Building a File System

Structure Example: A 256KB HDD partition with 64 blocks (4KB each).
- Metadata: First 8 blocks used for FS metadata.
- User Data: Remaining blocks hold file data.
- Inodes: Special data structure for each file, usually stored in blocks 3-7.

Inodes

Definition: Metadata for each file, including pointers to data blocks.
Structure: Typically, each file has one inode.
Pointer Limitations: Fixed-size inodes limit max file size.

Free Space Management

Bitmaps: Tracks used/free blocks (1 = used, 0 = free).
Example: Inode bitmap (block 1) and data block bitmap (block 2).

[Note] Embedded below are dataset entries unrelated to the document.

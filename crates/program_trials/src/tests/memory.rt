//! Accesses at the edges of the ranges, numbers, and a copy.
use crate::tests::region::{lent_account, region};
use sbpf_memory::{AccessViolation, MemFault, Memory};
use sol_base::{Blob, OutOfMemory};
use std::alloc::Global;
use std::sync::Arc;

const PROGRAM: u64 = 0x1_0000_0000;

const STACK: u64 = 0x2_0000_0000;

const HEAP: u64 = 0x3_0000_0000;

const INPUT: u64 = 0x4_0000_0000;

/// A memory of three bytes of program, five of heap and five of input.
fn small_memory(alloc: Global) -> Result<Memory, OutOfMemory> {
    let lent = lent_account(alloc)?;
    let input = region(alloc, &lent)?;
    let image = Blob::from_slice(alloc, b"abc")?;
    Memory::new(alloc, Arc::new(alloc, image)?, 5, input)
}

/// Accesses at the edges of each range: address, length, whether it is read, whether it is written.
const EDGES: &[(u64, usize, bool, bool)] = &[
    (0, 1, false, false),
    (PROGRAM - 1, 1, false, false),
    (PROGRAM, 3, true, false),
    (PROGRAM, 4, false, false),
    (PROGRAM + 2, 1, true, false),
    (PROGRAM + 3, 1, false, false),
    // no bytes, anywhere
    (PROGRAM + 3, 0, true, true),
    (STACK - 1, 1, false, false),
    (STACK, 4096, true, true),
    (STACK, 4097, false, false),
    // across the gap between two frames, within it, and into it from before
    (STACK, 8193, false, false),
    (STACK + 4095, 2, false, false),
    (STACK + 4096, 1, false, false),
    (STACK + 8191, 2, false, false),
    (STACK + 8192, 8, true, true),
    (STACK + 63 * 8192 + 4095, 1, true, true),
    (STACK + 64 * 8192, 1, false, false),
    (HEAP, 5, true, true),
    (HEAP + 4, 2, false, false),
    (HEAP + 5, 1, false, false),
    (INPUT, 5, true, true),
    (INPUT + 4, 2, false, false),
    (u64::MAX, 1, false, false),
];

/// The refusal of a write, or of a read.
fn violation(addr: u64, len: u64, write: bool) -> MemFault {
    MemFault::from(AccessViolation { addr, len, write })
}

/// What a write returns that is let pass, or is not.
fn answer_of(addr: u64, len: u64, passes: bool) -> Result<(), MemFault> {
    if passes {
        Ok(())
    } else {
        Err(violation(addr, len, true))
    }
}

/// Whether the bytes are read and written as the row says, and the places prepared as written.
fn is_edge(
    memory: &mut Memory,
    addr: u64,
    bytes: &mut [u8],
    (reads, writes): (bool, bool),
) -> bool {
    let len = bytes.len() as u64;
    let answer = answer_of(addr, len, writes);
    memory.read(addr, bytes).is_ok() == reads
        && memory.write(addr, bytes) == answer
        && memory.prepare(addr, len) == answer
}

/// Whether as many bytes as the row says are read and written as it says, and the places prepared as
/// written.
fn has_edge(
    alloc: Global,
    memory: &mut Memory,
    (addr, len, reads, writes): (u64, usize, bool, bool),
) -> Result<bool, OutOfMemory> {
    let mut bytes = vec![in alloc; 0; len]?;
    Ok(is_edge(memory, addr, bytes.as_mut_slice(), (reads, writes)))
}

/// Whether each row holds of the memory.
fn has_edges(alloc: Global, mut memory: Memory) -> Result<bool, OutOfMemory> {
    for row in EDGES {
        if !has_edge(alloc, &mut memory, *row)? {
            return Ok(false);
        }
    }
    Ok(true)
}

/// Whether each row holds of a small memory.
fn are_edges(alloc: Global) -> Result<bool, OutOfMemory> {
    has_edges(alloc, small_memory(alloc)?)
}

#[test]
fn accesses_lie_in_one_range(rt: HostRuntime) {
    assert!(rt; are_edges(rt.alloc()) == Ok(true));
}

/// Widths of a number, and what is then read of eight bytes that were zero.
const NUMBERS: [(u8, u64); 4] = [
    (1, 0x88),
    (2, 0x7788),
    (4, 0x5566_7788),
    (8, 0x1122_3344_5566_7788),
];

/// Whether so many bytes of a number are stored, and none into the program.
fn is_stored(memory: &mut Memory, width: u8, number: u64) -> bool {
    if width != 1 && width != 2 && width != 4 && width != 8 {
        return false;
    }
    let at = STACK + 8 * u64::from(width);
    memory.store(at, width, 0x1122_3344_5566_7788).is_ok()
        && memory.load(at, 8) == Ok(number)
        && memory.store(PROGRAM, width, 0) == Err(violation(PROGRAM, u64::from(width), true))
}

/// Whether numbers of each width are loaded and stored.
fn has_numbers(memory: &mut Memory) -> bool {
    for (width, number) in NUMBERS {
        if !is_stored(memory, width, number) {
            return false;
        }
    }
    memory.load(PROGRAM, 1) == Ok(0x61) && memory.load(PROGRAM, 2) == Ok(0x6261)
}

/// Whether they are so in a small memory.
fn are_numbers(alloc: Global) -> Result<bool, OutOfMemory> {
    let mut memory = small_memory(alloc)?;
    Ok(has_numbers(&mut memory))
}

#[test]
fn numbers_stand_low_byte_first(rt: HostRuntime) {
    assert!(rt; are_numbers(rt.alloc()) == Ok(true));
}

/// Whether these five bytes are at the address.
fn stand_at(memory: &Memory, addr: u64, bytes: &[u8; 5]) -> bool {
    let mut read = [0xff; 5];
    memory.read(addr, &mut read).is_ok() && read == *bytes
}

/// Writes two bytes into the input.
fn write_input(memory: &mut Memory) -> Result<bool, OutOfMemory> {
    let input = memory.input_mut();
    if input.len() != 5 {
        return Ok(false);
    }
    input.write(1, &[0xaa, 0xbb])?;
    Ok(true)
}

/// Whether the input is copied within itself.
fn copies_input(memory: &mut Memory) -> Result<bool, OutOfMemory> {
    Ok(
        write_input(memory)?
            && memory.prepare(INPUT, 2).is_ok()
            && memory.copy(INPUT, INPUT + 3, 2, true).is_ok()
            && stand_at(memory, INPUT, &[4, 0, 0xbb, 4, 0])
            && memory.input().len() == 5,
    )
}

/// Whether that of a small memory is.
fn input_is_copied(alloc: Global) -> Result<bool, OutOfMemory> {
    let mut memory = small_memory(alloc)?;
    copies_input(&mut memory)
}

#[test]
fn copies_within_the_parts_of_a_region(rt: HostRuntime) {
    assert!(rt; input_is_copied(rt.alloc()) == Ok(true));
}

File Allocation Techniques

Multilevel Pointers (e.g., Unix ext2):
- Direct Pointers: Point directly to data blocks (efficient for small files).
- Single Indirect: Points to a block containing pointers to data blocks.
- Double/Triple Indirect: Extends max file size by adding levels of pointers.

Implementing Directories

Directory Entries: Contain mappings from filenames to inodes.
Inode-Based System: Directories are essentially files with inode numbers pointing to file data.

Path Resolution

Example: Path “/usr/ast/mbox”.
- Locate root directory inode (usually inode 2).
- Traverse each path component to locate the final file.